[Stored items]
- - -
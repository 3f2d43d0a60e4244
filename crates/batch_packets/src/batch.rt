//! Batches of requests, read from bytes and written.
ghost use Rattle.std.specs.Prelude.{◌≡◌, ◌<◌, ◌≤◌, ◌↔◌, ◌+◌, ◌^◌, ◌++◌, ℕ, false, length, All, IsTrue, IfOk, OnOk, IfSome, IfNone, IsOkUnless};
ghost use Rattle.std.specs.List.{flat_map};
ghost use Rattle.batch_packets.specs.Faults.{AgreesWith};
ghost use Rattle.batch_packets.specs.declared.header.TheConstants.{HEADER_LEN};
ghost use Rattle.batch_packets.specs.Datagram.{is_version, max_datagram_len, first_fault};

use crate::checking::{RequestRef, check_batch};
use crate::header::{
    HEADER_LEN, Header, MAX_ITEMS, is_version, max_datagram_len, max_value_len, put_header,
};
use crate::item::Item;
use crate::{BatchFault, Datagram};
use mica_words::key_fits;
use outside::{Bytes, NoMemory};
use std::alloc::Global;
use std::marker::Model;

/// What a request asks for.
#[derive(Clone, Copy, PartialEq, Eq)]
pub enum Want {
    Get,
    Put,
    Del,
    /// Of version 2.
    Add,
    /// Of version 2.
    Touch,
}

/// A request of a client. Its reply repeats the ticket. The value is empty unless it is a put or an add.
#[derive(Drop)]
pub struct Request {
    pub want: Want,
    pub ticket: u32,
    pub key: Bytes,
    pub value: Bytes,
}

/// A list of requests.
#[derive(Drop)]
pub struct RequestList {
    requests: Vec<Request>,
}

impl Model for RequestList {
    ghost use Rattle.std.specs.Prelude.{List};
    ghost use Rattle.batch_packets.specs.declared.batch.Request.{Request};

    ghost Value = { List Request };

    ghost view = { λ l. l.requests.items };
}

impl RequestList {
    /// The requests in order.
    pub fn as_slice(&self) -> &[Request]
        ensures { result.now ≡ self.now }
    {
        self.requests.as_slice()
    }

    /// The requests, which the batch gives up.
    pub fn into_vec(self) -> Vec<Request>
        ensures { result.items ≡ self }
    {
        self.requests
    }
}

impl From<Vec<Request>> for RequestList {
    ghost from_gives = { λ requests list. list ≡ requests.items };

    fn from(requests: Vec<Request>) -> Self {
        RequestList { requests }
    }
}

/// The requests of one datagram. The replies have its version and repeat its number.
#[derive(Drop)]
pub struct Batch {
    pub version: u8,
    pub number: u32,
    pub requests: RequestList,
}

impl Want {
    ghost use Rattle.batch_packets.specs.BatchGrammar.{operation_of, is_operation, longest_value};

    #[tactic(auto, unfolding(crate::specs::BatchGrammar::operation_of))]
    pub(crate) fn of(version: u8, byte: u8) -> Option<Want>
        ensures known { IfSome result (λ want. byte ≡ operation_of want) }
        ensures has { IfSome result (λ want. IsTrue (is_operation version byte)) }
        ensures unknown { IfNone result (is_operation version byte ≡ false) }
    {
        match byte {
            0 => Some(Want::Get),
            1 => Some(Want::Put),
            2 => Some(Want::Del),
            3 if version == 2 => Some(Want::Add),
            4 if version == 2 => Some(Want::Touch),
            _ => None,
        }
    }

    /// Whether a version has this operation.
    #[tactic(auto, unfolding(crate::specs::BatchGrammar::operation_of))]
    pub(crate) fn is_of(self, version: u8) -> bool
        ensures { result ≡ is_operation version (operation_of self) }
    {
        match self {
            Want::Get | Want::Put | Want::Del => true,
            Want::Add | Want::Touch => version == 2,
        }
    }

    #[tactic(auto, unfolding(crate::specs::BatchGrammar::operation_of))]
    pub(crate) fn byte(self) -> u8
        ensures { result ≡ operation_of self }
    {
        match self {
            Want::Get => 0,
            Want::Put => 1,
            Want::Del => 2,
            Want::Add => 3,
            Want::Touch => 4,
        }
    }

    #[tactic(auto, unfolding(crate::specs::BatchGrammar::operation_of))]
    pub(crate) fn longest_value(self, version: u8) -> usize
        ensures { result ≡ longest_value version (operation_of self) }
    {
        match self {
            Want::Put | Want::Add => max_value_len(version),
            Want::Get | Want::Del | Want::Touch => 0,
        }
    }
}

ghost use Rattle.batch_packets.specs.declared.batch.Batch.{Batch};
ghost use Rattle.batch_packets.specs.BatchGrammar.{IsRequest, IsBatch, SpellsBatch, request_text, batch_text, batch_kind};

/// The batch whose text the bytes are.
#[tactic(auto, unfolding(crate::specs::BatchGrammar::batch_text))]
pub fn read_batch(alloc: Global, from: &[u8]) -> Result<Batch, BatchFault>
    ensures batch { IfOk result (SpellsBatch from.now) }
    ensures fault { AgreesWith (first_fault batch_kind from.now) result }
    // The text of a batch is read, unless memory runs out.
    ensures only { (batch : Batch) → SpellsBatch from.now batch
        → IsOkUnless result BatchFault.NoMemory }
{
    let (header, mut requests) = check_batch(from)?;
    let mut list = Vec::with_capacity(alloc, usize::from(header.count))?;
    for _ in 0..header.count {
        list.push_reserved(requests.next_request().to_request(alloc)?);
    }
    Ok(Batch {
        version: header.version,
        number: header.number,
        requests: RequestList::from(list),
    })
}

/// A batch of requests whose texts lie elsewhere, to be written. Clauses see it as the batch.
#[derive(Drop)]
pub struct BatchRef<'a> {
    version: u8,
    number: u32,
    requests: Vec<RequestRef<'a>>,
}

impl<'a> Model for BatchRef<'a> {
    ghost use Rattle.batch_packets.specs.declared.batch.Batch.{Batch};

    ghost Value = { Batch };

    ghost view = { λ b. record { version = b.version; number = b.number; requests = b.requests.items } };
}

impl Request {
    /// The request, whose texts lie here.
    fn lend(&self) -> RequestRef<'_>
        ensures { result ≡ self.now }
    {
        RequestRef::new(self.want, self.ticket, self.key.bytes(), self.value.bytes())
    }
}

impl Batch {
    /// The batch, whose texts lie here.
    pub fn lend(&self, alloc: Global) -> Result<BatchRef<'_>, NoMemory>
        ensures { IfOk result (λ lent. lent ≡ self.now) }
    {
        let requests = self.requests.as_slice();
        let mut lent = Vec::with_capacity(alloc, requests.len())?;
        for request in requests {
            lent.push_reserved(request.lend());
        }
        Ok(BatchRef::new(self.version, self.number, lent))
    }
}

impl<'a> BatchRef<'a> {
    /// A batch of lent requests, to be written.
    pub fn new(version: u8, number: u32, requests: Vec<RequestRef<'a>>) -> BatchRef<'a>
        ensures { result ≡ record { version = version; number = number; requests = requests.entry.items } }
    {
        BatchRef {
            version,
            number,
            requests,
        }
    }

    /// The number that the replies repeat.
    pub fn number(&self) -> u32
        ensures { result ≡ self.now.number }
    {
        self.number
    }

    /// The requests in order.
    pub fn requests(&self) -> &[RequestRef<'a>]
        ensures { result.now ≡ self.now.requests }
    {
        self.requests.as_slice()
    }

    /// Whether it has a text, so that it may be written.
    #[tactic(auto, unfolding(crate::specs::BatchGrammar::batch_text))]
    pub fn is_batch(&self) -> bool
        ensures { IsTrue result ↔ IsBatch self.now }
    {
        let version = self.version;
        let requests = self.requests.as_slice();
        is_version(version)
            && !requests.is_empty()
            && requests.len() <= MAX_ITEMS
            && requests.iter().all(|request| request.is_of(version))
            && HEADER_LEN + len_of(requests) <= max_datagram_len(version)
    }

    /// How many bytes its text has.
    #[tactic(auto, unfolding(crate::specs::BatchGrammar::batch_text))]
    pub fn text_len(&self) -> usize
        requires lawful { All (IsRequest self.now.version) self.now.requests }
        requires few { length self.now.requests ≤ MAX_ITEMS }
        ensures { result ≡ length (batch_text self.now) }
    {
        HEADER_LEN + len_of(self.requests.as_slice())
    }

    /// Puts its text in place of what `out` has.
    pub fn write(&self, out: &mut Vec<u8>) -> Result<(), NoMemory>
        requires { IsBatch self.now }
        ensures { OnOk result (out.new.items ≡ batch_text self.now) }
    {
        let header = Header {
            version: self.version,
            count: self.requests.len() as u8,
            number: self.number,
        };
        put_batch(header, self.requests.as_slice(), out)
    }
}

/// How many bytes the texts of these requests have.
fn len_of(requests: &[RequestRef]) -> usize
    requires lawful { (version : ℕ) × All (IsRequest version) requests.now }
    requires few { length requests.now ≤ MAX_ITEMS }
    ensures len { result ≡ length (flat_map request_text requests.now) }
    ensures small { result < 2 ^ 32 }
{
    let mut len = 0;
    for request in requests {
        len += request.text_len();
    }
    len
}

/// Puts the text of the batch under this header in place of what `out` has.
#[tactic(auto, unfolding(crate::specs::BatchGrammar::batch_text))]
fn put_batch(header: Header, requests: &[RequestRef], out: &mut Vec<u8>) -> Result<(), NoMemory>
    requires count { header.count ≡ length requests.now }
    requires batch { IsBatch (record { version = header.version; number = header.number; requests = requests.now }) }
    ensures { OnOk result (out.new.items ≡ batch_text (record { version = header.version; number = header.number; requests = requests.now })) }
{
    out.clear();
    put_header(out, RequestRef::magic(), header)?;
    for request in requests {
        request.put(out)?;
    }
    Ok(())
}

/// The text of a batch.
pub fn write_batch(alloc: Global, batch: &Batch) -> Result<Datagram, NoMemory>
    requires { IsBatch batch.now }
    ensures { IfOk result (λ text. text ≡ batch_text batch.now) }
{
    let lent = batch.lend(alloc)?;
    let mut text = Vec::with_capacity(alloc, lent.text_len())?;
    lent.write(&mut text)?;
    Ok(Datagram::from(text))
}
- - -
▶ WORK TO BE COMPLETED
Each line in the records above that contains the word "alloc" must be copied.

▶ YOUR SOLUTION
use std::alloc::Global;
pub fn read_batch(alloc: Global, from: &[u8]) -> Result<Batch, BatchFault>
    let mut list = Vec::with_capacity(alloc, usize::from(header.count))?;
        list.push_reserved(requests.next_request().to_request(alloc)?);
    pub fn lend(&self, alloc: Global) -> Result<BatchRef<'_>, NoMemory>
        let mut lent = Vec::with_capacity(alloc, requests.len())?;
pub fn write_batch(alloc: Global, batch: &Batch) -> Result<Datagram, NoMemory>
    let lent = batch.lend(alloc)?;
    let mut text = Vec::with_capacity(alloc, lent.text_len())?;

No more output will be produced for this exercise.